CVE-2021-46572: 
Bentley MicroStation CONNECT vulnerability analysis and mitigation

CVE-2021-46572 affects Bentley MicroStation CONNECT version 10.16.0.80. This vulnerability allows remote attackers to execute arbitrary code when users interact with maliciously crafted JT files. The vulnerability was discovered by Mat Powell of Trend Micro Zero Day Initiative and was assigned tracking number ZDI-CAN-15366 (Zero Day Initiative, Vendor Advisory).

The vulnerability exists within the parsing of JT files. Specifically, crafted data in a JT file can trigger a write past the end of an allocated buffer.

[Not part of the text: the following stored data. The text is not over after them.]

// Whole frames of a wave, run in blocks.
ghost use Rattle.std.specs.Prelude.{vec_len};
ghost use Rattle.wdf_frames.specs.Shaped.{IsShaped};

use crate::block::{down_shift, found, load_samples, run_count, run_samples, whole_frames};
use crate::over::Over;
use crate::samples::encode;
use std::alloc::{AllocError, Global};
use wdf_bounds::Plan;
use wdf_energy::Totals;
use wdf_lattice::laws::{goes_on_from_rest, one_wave, totals_told};
use wdf_lattice::{Networks, Runner};
use wdf_law::Side;
use wdf_wav::Head;
use wdf_wav::laws::data_append;

/// The most frames of a block.
pub(crate) const BLOCK: usize = 4096;

/// The runs of a wave's frames, block after block.
#[derive(Drop)]
pub(crate) struct Round {
    runner: Runner,
    plan: Plan,
    head: Head,
    // An output value is the load wave by 2^down.
    down: u8,
    runs: usize,
    // The output samples that were limited so far.
    limited: u64,
    samples: Vec<i64>,
    waves: Vec<i64>,
    ghost shaped: { IsShaped runner plan head down runs limited (vec_len samples) (vec_len waves) },
}

impl Round {
    ghost use Rattle.std.specs.Prelude.{◌≡◌, ◌+◌, ◌*◌, ◌<◌, ◌≤◌, length, take, pos, slice_index_or, unsigned_abs, IfOk};
    ghost use Rattle.wdf_lattice.specs.Sides.{sources_driven, run_count};
    ghost use Rattle.wdf_lattice.specs.Runners.{FitsEach, DriveAll, totals_by};
    ghost use Rattle.wdf_wav.specs.Header.{IsFrameFormat, pad_size};
    ghost use Rattle.wdf_frames.specs.Setting.{AreSmall, samples_in, setting, runs_of, read_size, write_size, written_head};
    ghost use Rattle.wdf_frames.specs.Progress.{IsBegunRound, RunsFrames, RunsSamples, FindsOver, HasLaws, frames_before, round_setting};

    /// A round at rest, with buffers of a block.
    ///
    /// # Errors
    ///
    /// Where no memory is left.
    #[tactic(auto, using(crate::proofs::WidthLemmas::width_tested))]
    pub(crate) fn new(
        alloc: Global,
        networks: Networks,
        plan: Plan,
        head: Head,
    ) -> Result<Round, AllocError>
        requires plan { FitsEach networks plan }
        requires format { IsFrameFormat head.channels head.bits }
        requires bits { head.bits ≡ plan.bits }
        requires driven { DriveAll networks (run_count networks head.channels) }
        requires sources { 1 < sources_driven networks → head.channels ≡ sources_driven networks }
        ensures { IfOk result (λ r. IsBegunRound r (setting networks plan head)) }
    {
        let runs = run_count(&networks, head.channels);
        let down = down_shift(&networks, &plan);
        let samples = vec![in alloc; 0i64; BLOCK * usize::from(head.channels)]?;
        let waves = vec![in alloc; 0i64; BLOCK * runs]?;
        let runner = Runner::new(alloc, networks, plan, runs)?;
        Ok(Round {
            runner,
            plan,
            head,
            down,
            runs,
            limited: 0,
            samples,
            waves,
        })
    }

    /// The same, in a box.
    ///
    /// # Errors
    ///
    /// Where no memory is left.
    pub(crate) fn boxed(
        alloc: Global,
        networks: Networks,
        plan: Plan,
        head: Head,
    ) -> Result<Box<Round>, AllocError>
        requires plan { FitsEach networks plan }
        requires format { IsFrameFormat head.channels head.bits }
        requires bits { head.bits ≡ plan.bits }
        requires driven { DriveAll networks (run_count networks head.channels) }
        requires sources { 1 < sources_driven networks → head.channels ≡ sources_driven networks }
        ensures { IfOk result (λ b. IsBegunRound b.value (setting networks plan head)) }
    {
        let round = Round::new(alloc, networks, plan, head)?;
        Ok(Box::new(alloc, round)?)
    }

    // Reads the samples of `count` frames, and says how many stand in front of the first over amp.
    #[tactic(auto, using(crate::proofs::WidthLemmas::width_told))]
    fn load(&mut self, count: usize, frames: &[u8]) -> usize
        requires few { count ≤ 4096 }
        requires frames { length frames.now ≡ count * read_size (round_setting self.old) }
        ensures runner { self.new.runner ≡ self.old.runner }
        ensures head { self.new.head ≡ self.old.head }
        ensures limited { self.new.limited ≡ self.old.limited }
        ensures read { take (count * self.old.head.channels) self.new.samples.items ≡ samples_in (round_setting self.old) frames.now }
        ensures most { result ≤ count * self.old.head.channels }
        ensures small { AreSmall (round_setting self.old) (take result (samples_in (round_setting self.old) frames.now)) }
        ensures over { result < count * self.old.head.channels → self.old.runner.plan.amp < unsigned_abs (slice_index_or (samples_in (round_setting self.old) frames.now) result (pos 0)) }
    {
        let all = count * usize::from(self.head.channels);
        load_samples(
            self.plan.bits(),
            self.plan.amp(),
            all,
            frames,
            &mut self.samples,
        )
    }

    // Runs the first `count` frames of the samples that were read.
    #[tactic(auto, using(crate::proofs::WidthLemmas::width_told))]
    fn run_whole(&mut self, count: usize, made: &mut [u8])
        requires few { count ≤ 4096 }
        requires made { length made.old ≡ count * write_size (round_setting self.old) }
        requires left { self.old.runner.done + count ≤ self.old.runner.plan.frames }
        requires small { AreSmall (round_setting self.old) (take (count * self.old.head.channels) self.old.samples.items) }
        ensures ran { RunsSamples (round_setting self.old) self.old self.new (take (count * self.old.head.channels) self.old.samples.items) made.new count }
        ensures kept { self.new.samples ≡ self.old.samples }
    {
        self.plan.rules();
        let bits = self.plan.bits();
        let samples = &self.samples[..count * usize::from(self.head.channels)];
        run_samples(&mut self.runner, count, self.runs, samples, &mut self.waves);
        let waves = &self.waves[..count * self.runs];
        let limited = encode(self.down, bits, waves, made);
        self.limited += limited;
    }

    /// Runs the whole frames in front of the first sample over amp, of `count` frames, and writes the
    /// data of their output samples into the front of `made`.
    pub(crate) fn run(&mut self, count: usize, frames: &[u8], made: &mut [u8]) -> Option<Over>
        requires few { count ≤ 4096 }
        requires frames { length frames.now ≡ count * read_size (round_setting self.old) }
        requires made { length made.old ≡ count * write_size (round_setting self.old) }
        requires left { self.old.runner.done + count ≤ self.old.runner.plan.frames }
        ensures found { FindsOver (round_setting self.old) frames.now result }
        ensures set { round_setting self.new ≡ round_setting self.old }
        ensures inside { frames_before count result ≤ count }
        ensures run { let s = round_setting self.old in let n = frames_before count result in
            RunsFrames s self.old self.new (take (n * read_size s) frames.now) (take (n * write_size s) made.new) n }
    {
        self.rules();
        let channels = usize::from(self.head.channels);
        let small = self.load(count, frames);
        let whole = whole_frames(small, channels, count);
        let size = whole * self.write_size();
        self.run_whole(whole, &mut made[..size]);
        found(self.head.channels, small, &self.samples[..count * channels])
    }

    /// How many frames are done.
    pub(crate) fn done(&self) -> u32
        ensures { result ≡ self.now.runner.done }
    {
        self.runner.done()
    }

    /// The head of the input.
    #[tactic(auto, using(crate::proofs::WidthLemmas::width_told))]
    pub(crate) fn head(&self) -> Head
        ensures value { result ≡ self.now.head }
        ensures format { IsFrameFormat result.channels result.bits }
    {
        self.head
    }

    /// The head of the output.
    #[tactic(auto, using(crate::proofs::WidthLemmas::width_told))]
    pub(crate) fn written_head(&self) -> Head
        ensures value { result ≡ written_head (round_setting self.now) }
        ensures format { IsFrameFormat result.channels result.bits }
    {
        Head {
            channels: self.runs as u16,
            ..self.head
        }
    }

    /// The bytes of a frame that is read.
    pub(crate) fn read_size(&self) -> usize
        ensures value { result ≡ read_size (round_setting self.now) }
        ensures some { 1 ≤ result }
        ensures few { result ≤ 32 }
    {
        usize::from(self.head.channels) * usize::from(self.plan.bits() / 8)
    }

    /// The bytes of a frame that is written.
    pub(crate) fn write_size(&self) -> usize
        ensures value { result ≡ write_size (round_setting self.now) }
        ensures some { 1 ≤ result }
        ensures few { result ≤ 32 }
    {
        self.runs * usize::from(self.plan.bits() / 8)
    }

    /// How many pad bytes stand behind the output's data.
    pub(crate) fn pad(&self) -> usize
        ensures value { result ≡ pad_size (written_head (round_setting self.now)) }
        ensures few { result ≤ 1 }
    {
        self.head.frames as usize * self.write_size() % 2
    }

    /// The networks that run.
    pub(crate) fn networks(&self) -> &Networks
        ensures { result.now ≡ (round_setting self.now).networks }
    {
        self.runner.networks()
    }

    /// How many runs there are.
    pub(crate) fn runs(&self) -> usize
        ensures value { result ≡ runs_of (round_setting self.now) }
        ensures some { 1 ≤ result }
        ensures few { result ≤ 8 }
    {
        self.runs
    }

    /// Where the energy of a run went so far, if there are such a side and run.
    pub(crate) fn totals(&self, side: Side, run: usize) -> Option<Totals>
        ensures { result ≡ totals_by self.now.runner side run }
    {
        self.runner.totals(side, run)
    }

    /// The output samples that were limited so far.
    pub(crate) fn limited(&self) -> u64
        ensures { result ≡ self.now.limited }
    {
        self.limited
    }

    /// What is known of every round's setting.
    #[tactic(auto, using(crate::proofs::WidthLemmas::width_told))]
    pub(crate) fn rules(&self)
        ensures { HasLaws (round_setting self.now) }
    {
        data_append(self.head.bits);
        goes_on_from_rest(self.runner.networks());
        one_wave(self.runner.networks());
        totals_told(self.runner.networks());
    }
}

The vulnerability has been assigned a CVSS v3.1 base score of 7.8 (HIGH) with the vector string CVSS:3.1/AV:L/AC:L/PR:N/UI:R/S:U/C:H/I:H/A:H. The flaw is classified as CWE-787 (Out-of-bounds Write) (Zero Day Initiative).

An attacker can leverage this vulnerability to execute code in the context of the current process. The vulnerability requires user interaction, specifically opening a malicious file, but could lead to complete system compromise if successfully exploited (Zero Day Initiative).

Bentley has issued an update to correct this vulnerability. Users should upgrade to version 10.16.02 or later of MicroStation and MicroStation-based applications. As a general best practice, it is recommended to only open JT files from trusted sources (Vendor Advisory).